What makes history so hard to predict - the reason there is no neat "cycle" of history enabling us to prophesy the future - is that most disasters come out of left field. Unlike hurricanes and auto accidents, to which we can at least attach probabilities, the biggest disasters (pandemics and wars) follow power-law or random distributions. They belong in the realm of uncertainty, or what Nassim Nicholas Taleb, in his book The Black Swan, calls Extremistan. They are like tsunamis, not tides.
What's more, as I argued in my book "Doom", disasters don't come in any predictable sequence. The most I can say is that we tend not to get the same disaster twice in succession. This time we've gone from plague to war. In 1918, it was from war to plague. The Hundred Years War began eight years before the Black Death struck England.
Not everything in history is random, of course. The Russian invasion of Ukraine was not difficult to foresee at the beginning of this year.
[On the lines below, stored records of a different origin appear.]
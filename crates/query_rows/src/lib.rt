//! The rows of a query, from the least penalty for each minute of arrival and the arc that has it. The minutes whose
//! penalty is below those of all earlier ones are the rows. Each row's arc is named and the row is measured by the
//! arc's number of rides (`measure`), and only then are its rides looked for and written (`write_rows`): an answer
//! that does not fit is refused before a word of it is written, and there is no room to keep the rides of all rows
//! until it is known to fit. Where several arcs tie, naming the arc means trying them all, so that the connection of
//! such a row is found twice.
#![tactic(auto)]

ghost use Rattle.std.specs.Prelude.{◌≡◌, ◌∷◌, ◌+◌, ◌-◌, ◌*◌, ◌≤◌, ◌<◌, length, get_or, take};
ghost use Rattle.words.specs.Put.{put};
ghost use Rattle.query_store.specs.Entries.{arc_count};
ghost use Rattle.query_store.specs.Paths.{arc_path};
ghost use Rattle.query_store.specs.Made.{Made};
ghost use Rattle.promises.specs.Query.{kept, rows, row_words};
ghost use Rattle.query_minutes.specs.Ending.{LeadsEnd};
ghost use Rattle.query_arcs.specs.Kept.{LeastKept};
ghost use Rattle.query_arcs.specs.Granted.{Granted};
ghost use Rattle.query_arcs.specs.Arcs.{rides_along};
ghost use Rattle.query_winner.specs.Winning.{Leading};
ghost use Rattle.query_winner.specs.Leader.{Leader, Named};
ghost use Rattle.query_rows.specs.Written.{Written, Room};
ghost use Rattle.query_rows.specs.Named.{NamedRow, AllNamed, AllLed};

use query_arcs::{Query, STATIONS_MOST};
use query_minutes::NO_POINTS;
use query_winner::{NUMBERS_MOST, Row};
use results::{Cost, Points};

// The words of a row before the numbers of its rides.
const ROW_WORDS: usize = 3;

// How many words the row of a connection that goes by arc k has.
fn row_length(store: &[u16], k: usize) -> usize
    requires { Made store.now × (k < arc_count store.now) }
    ensures { (result ≡ 3 + 3 * rides_along (arc_path store.now k)) × (result ≤ 195) }
{
    let mut path = [0u16; STATIONS_MOST];
    let r = query_arcs::read_arc(store, k, &mut path);
    ROW_WORDS + 3 * r
}

// Names the arc of the connection that is shown for a row, and returns how many words the row has.
fn name_arc(
    words: &[u16],
    lines: &[u16],
    store: &[u16],
    asked: Query,
    row: Row,
    who: &mut [u16],
    work: &mut [u32],
) -> usize
    requires { Granted words.now lines.now store.now asked.from asked.to asked.minute
        × Leading words.now store.now asked.from asked.to asked.minute row.arrive row.points.0
        × Named words.now store.now asked.from asked.to asked.minute row.arrive row.points.0
        (get_or who.old row.arrive 0)
        × (row.arrive < 2880)
        × (length who.old ≡ 2880)
        × (2880 ≤ length work.old) }
    ensures named_row { NamedRow
        words.now
        store.now
        asked.from
        asked.to
        asked.minute
        row.arrive
        row.points.0
        result
        who.old
        who.new
        × (result ≤ 195) }
    ensures who_len_unchanged { (length who.new ≡ length who.old)
        × (length work.new ≡ length work.old) }
{
    let arrive = row.arrive;
    let named = words::word(who, arrive) as usize;
    let arc = query_winner::leading_arc(words, lines, store, asked, row, named, work);
    who[arrive] = (arc + 1) as u16;
    row_length(store, arc)
}

// How many words all rows have, which arrive before minute `end`. best has the least penalty for each minute of
// arrival; the arc of each row is named.
pub fn measure(
    words: &[u16],
    lines: &[u16],
    store: &[u16],
    asked: Query,
    end: usize,
    best: &[u32],
    who: &mut [u16],
    work: &mut [u32],
) -> usize
    requires { Granted words.now lines.now store.now asked.from asked.to asked.minute
        × LeastKept asked.minute (kept words.now store.now asked.from asked.to asked.minute) best.now
        × AllNamed words.now store.now asked.from asked.to asked.minute best.now who.old
        × LeadsEnd best.now end
        × (length best.now ≡ 2880)
        × (length who.old ≡ 2880)
        × (2880 ≤ length work.old) }
    ensures value { (result
        ≡ length (row_words (rows words.now store.now asked.from asked.to asked.minute)))
        × AllLed
        words.now
        store.now
        asked.from
        asked.to
        asked.minute
        best.now
        who.new }
    ensures who_len_unchanged { (length who.new ≡ length who.old)
        × (length work.new ≡ length work.old) }
{
    let mut count = 0;
    let mut least = Points(NO_POINTS);
    // No connection arrives before the minute of the query.
    for arrive in asked.minute..end {
        let points = query_minutes::points_at(best, arrive);
        if !query_minutes::less(points, least) {
            continue;
        }
        least = points;
        let row = Row { arrive, points };
        count += name_arc(words, lines, store, asked, row, who, work);
    }
    count
}

// Writes a row from index at on: its cost, the number of rides and their numbers. Returns the index after it.
fn put_row(answer: &mut [u32], at: usize, cost: Cost, rides: usize, shown: &[u32]) -> usize
    requires { (rides ≤ 64) × (length shown.now ≡ 192) × (at + (3 + 3 * rides) ≤ length answer.old) }
    ensures answer_after { answer.new
        ≡ put at
        (cost.minutes.0 ∷ cost.points.0 ∷ rides ∷ take (3 * rides) shown.now)
        answer.old }
    ensures answer_len_unchanged { (length answer.new ≡ length answer.old) × (result ≡ at + (3 + 3 * rides)) }
{
    query_minutes::write_cost(answer, at, cost);
    answer[at + 2] = rides as u32;
    words::copy(answer, at + ROW_WORDS, &shown[..3 * rides]);
    at + (ROW_WORDS + 3 * rides)
}

// Writes a row from index at on. Returns the index after it. who has the arc of its connection.
fn write_row(
    words: &[u16],
    lines: &[u16],
    store: &[u16],
    asked: Query,
    who: &[u16],
    row: Row,
    answer: &mut [u32],
    at: usize,
    work: &mut [u32],
) -> usize
    requires { Granted words.now lines.now store.now asked.from asked.to asked.minute
        × Leading words.now store.now asked.from asked.to asked.minute row.arrive row.points.0
        × Leader words.now store.now asked.from asked.to asked.minute row.arrive row.points.0
        (get_or who.now row.arrive 0 - 1)
        × (1 ≤ get_or who.now row.arrive 0)
        × (row.arrive < 2880)
        × (length who.now ≡ 2880)
        × (2880 ≤ length work.old)
        × Room words.now store.now asked.from asked.to asked.minute row.arrive row.points.0 at
        answer.old }
    ensures written { Written
        words.now
        store.now
        asked.from
        asked.to
        asked.minute
        row.arrive
        row.points.0
        at
        result
        answer.old
        answer.new }
    ensures answer_len_unchanged { (length answer.new ≡ length answer.old)
        × (length work.new ≡ length work.old) }
{
    let k = words::word(who, row.arrive) as usize - 1;
    let mut shown = [0u32; NUMBERS_MOST];
    let x = query_winner::find_shown(words, lines, store, asked, k, row, &mut shown, work);
    let points = row.points;
    let cost = Cost {
        minutes: query_minutes::minutes_between(asked.minute, row.arrive),
        points,
    };
    put_row(answer, at, cost, x.rides, &shown)
}

// Writes all rows, in rising duration: one for each arrival minute whose penalty is below those of all earlier minutes.
// They arrive before minute `end`. who has the arc of each of them.
pub fn write_rows(
    words: &[u16],
    lines: &[u16],
    store: &[u16],
    asked: Query,
    end: usize,
    best: &[u32],
    who: &[u16],
    answer: &mut [u32],
    work: &mut [u32],
)
    requires { Granted words.now lines.now store.now asked.from asked.to asked.minute
        × LeastKept asked.minute (kept words.now store.now asked.from asked.to asked.minute) best.now
        × AllLed words.now store.now asked.from asked.to asked.minute best.now who.now
        × LeadsEnd best.now end
        × (length best.now ≡ 2880)
        × (length who.now ≡ 2880)
        × (2880 ≤ length work.old)
        × (length (row_words (rows words.now store.now asked.from asked.to asked.minute))
        ≤ length answer.old) }
    ensures answer_after { answer.new
        ≡ put
        0
        (row_words (rows words.now store.now asked.from asked.to asked.minute))
        answer.old }
    ensures answer_len_unchanged { length answer.new ≡ length answer.old }
{
    let mut here = 0;
    let mut least = Points(NO_POINTS);
    // No connection arrives before the minute of the query.
    for arrive in asked.minute..end {
        let points = query_minutes::points_at(best, arrive);
        if !query_minutes::less(points, least) {
            continue;
        }
        least = points;
        let row = Row { arrive, points };
        here = write_row(words, lines, store, asked, who, row, answer, here, work);
    }
}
You just had to take Russian President Vladimir Putin both literally and seriously when he asserted that the Russian and Ukrainian peoples were one and that the possibility of Ukraine becoming a member of the North Atlantic Treaty Organization or the European Union was a red line; and to realize that Western threats of economic sanctions would not deter him.
Now
that the war is well into its second week, however, there are much more
difficult predictions to make. It seems there are seven distinct
historical processes at work and it̢۪s not clear which is going
fastest. All I can do is to apply history, as there is no model from
political science or economics that can really help us here.........To Read More.....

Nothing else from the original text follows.